HOW TO COMPLETE THIS TASK
Below are some records. Return exactly the lines from the one containing "filename crates/meta_store/src/size.rt" through the one containing "of an object.", both included, and only those.
--*--
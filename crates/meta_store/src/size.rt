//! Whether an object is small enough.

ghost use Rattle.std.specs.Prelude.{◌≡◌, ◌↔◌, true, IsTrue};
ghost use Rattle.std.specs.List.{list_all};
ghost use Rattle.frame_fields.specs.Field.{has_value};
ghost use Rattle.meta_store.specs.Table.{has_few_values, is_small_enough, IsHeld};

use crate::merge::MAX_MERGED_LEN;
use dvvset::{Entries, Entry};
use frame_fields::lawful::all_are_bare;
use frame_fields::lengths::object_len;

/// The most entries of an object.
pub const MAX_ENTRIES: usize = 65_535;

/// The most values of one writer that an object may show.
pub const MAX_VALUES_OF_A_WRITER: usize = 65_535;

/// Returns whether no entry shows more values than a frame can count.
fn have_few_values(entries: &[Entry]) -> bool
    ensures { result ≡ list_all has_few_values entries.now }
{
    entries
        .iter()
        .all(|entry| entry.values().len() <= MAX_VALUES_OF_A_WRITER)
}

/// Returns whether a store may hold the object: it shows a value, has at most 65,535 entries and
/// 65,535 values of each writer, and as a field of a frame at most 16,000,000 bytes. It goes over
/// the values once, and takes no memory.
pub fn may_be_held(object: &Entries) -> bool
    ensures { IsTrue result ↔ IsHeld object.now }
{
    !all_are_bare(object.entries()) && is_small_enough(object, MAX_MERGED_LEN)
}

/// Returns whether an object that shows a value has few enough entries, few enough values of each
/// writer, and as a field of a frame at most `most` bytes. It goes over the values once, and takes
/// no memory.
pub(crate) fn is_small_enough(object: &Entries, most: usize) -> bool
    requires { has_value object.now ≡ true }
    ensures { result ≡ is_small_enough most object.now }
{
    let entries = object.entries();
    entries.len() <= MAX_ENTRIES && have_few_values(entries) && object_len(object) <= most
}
--*--
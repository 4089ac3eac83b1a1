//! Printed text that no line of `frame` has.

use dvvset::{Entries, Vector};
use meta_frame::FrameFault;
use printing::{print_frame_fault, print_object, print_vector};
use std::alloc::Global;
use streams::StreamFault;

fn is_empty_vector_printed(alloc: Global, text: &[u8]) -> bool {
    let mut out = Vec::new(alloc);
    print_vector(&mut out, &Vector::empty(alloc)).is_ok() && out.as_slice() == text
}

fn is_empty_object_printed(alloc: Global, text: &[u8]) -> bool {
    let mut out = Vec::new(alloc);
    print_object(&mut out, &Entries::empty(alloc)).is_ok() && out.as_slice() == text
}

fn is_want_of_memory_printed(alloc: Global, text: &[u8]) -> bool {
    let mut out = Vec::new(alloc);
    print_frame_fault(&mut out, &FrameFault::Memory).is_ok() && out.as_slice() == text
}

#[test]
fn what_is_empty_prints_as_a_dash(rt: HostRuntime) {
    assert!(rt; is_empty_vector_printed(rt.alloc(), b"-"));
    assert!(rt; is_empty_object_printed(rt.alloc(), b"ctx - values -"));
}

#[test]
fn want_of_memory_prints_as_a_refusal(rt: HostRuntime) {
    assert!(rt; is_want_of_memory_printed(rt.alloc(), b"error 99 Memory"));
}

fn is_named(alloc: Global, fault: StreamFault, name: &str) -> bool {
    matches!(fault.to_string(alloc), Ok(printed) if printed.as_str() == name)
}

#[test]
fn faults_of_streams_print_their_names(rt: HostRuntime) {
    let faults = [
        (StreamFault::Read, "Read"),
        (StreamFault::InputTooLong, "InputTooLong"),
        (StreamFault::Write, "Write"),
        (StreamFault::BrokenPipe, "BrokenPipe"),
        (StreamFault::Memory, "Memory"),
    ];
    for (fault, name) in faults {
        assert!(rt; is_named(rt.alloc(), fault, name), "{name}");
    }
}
--*--
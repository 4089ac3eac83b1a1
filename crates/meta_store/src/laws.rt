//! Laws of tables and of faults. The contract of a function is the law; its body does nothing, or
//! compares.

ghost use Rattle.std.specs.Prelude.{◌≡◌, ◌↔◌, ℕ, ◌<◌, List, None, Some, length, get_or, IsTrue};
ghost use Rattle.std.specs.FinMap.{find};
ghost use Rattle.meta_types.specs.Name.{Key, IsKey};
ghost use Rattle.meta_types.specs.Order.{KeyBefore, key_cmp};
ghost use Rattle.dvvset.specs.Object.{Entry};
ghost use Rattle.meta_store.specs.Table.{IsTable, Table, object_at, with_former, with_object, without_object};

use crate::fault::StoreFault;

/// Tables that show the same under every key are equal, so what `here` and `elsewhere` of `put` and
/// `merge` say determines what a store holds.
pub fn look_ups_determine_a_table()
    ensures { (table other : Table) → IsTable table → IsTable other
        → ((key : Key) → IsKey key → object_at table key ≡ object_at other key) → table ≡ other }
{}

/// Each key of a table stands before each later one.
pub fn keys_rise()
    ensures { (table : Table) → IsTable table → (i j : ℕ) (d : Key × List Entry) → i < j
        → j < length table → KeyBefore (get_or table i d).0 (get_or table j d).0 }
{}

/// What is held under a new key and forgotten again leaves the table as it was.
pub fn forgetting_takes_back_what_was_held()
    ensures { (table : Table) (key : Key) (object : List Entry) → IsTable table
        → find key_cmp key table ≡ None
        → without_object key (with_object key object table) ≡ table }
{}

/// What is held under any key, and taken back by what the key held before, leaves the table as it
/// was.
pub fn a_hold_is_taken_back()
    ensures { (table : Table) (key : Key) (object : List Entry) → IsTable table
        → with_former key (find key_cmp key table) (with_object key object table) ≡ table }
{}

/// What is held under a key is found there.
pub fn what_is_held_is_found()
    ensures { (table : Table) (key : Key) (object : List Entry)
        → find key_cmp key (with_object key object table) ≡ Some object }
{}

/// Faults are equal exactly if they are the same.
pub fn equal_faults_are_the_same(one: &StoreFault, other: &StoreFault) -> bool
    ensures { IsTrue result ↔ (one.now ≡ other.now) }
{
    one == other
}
--*--
RESULT OF THIS EXERCISE
filename crates/meta_store/src/size.rt
//! Whether an object is small enough.

ghost use Rattle.std.specs.Prelude.{◌≡◌, ◌↔◌, true, IsTrue};
ghost use Rattle.std.specs.List.{list_all};
ghost use Rattle.frame_fields.specs.Field.{has_value};
ghost use Rattle.meta_store.specs.Table.{has_few_values, is_small_enough, IsHeld};

use crate::merge::MAX_MERGED_LEN;
use dvvset::{Entries, Entry};
use frame_fields::lawful::all_are_bare;
use frame_fields::lengths::object_len;

/// The most entries of an object.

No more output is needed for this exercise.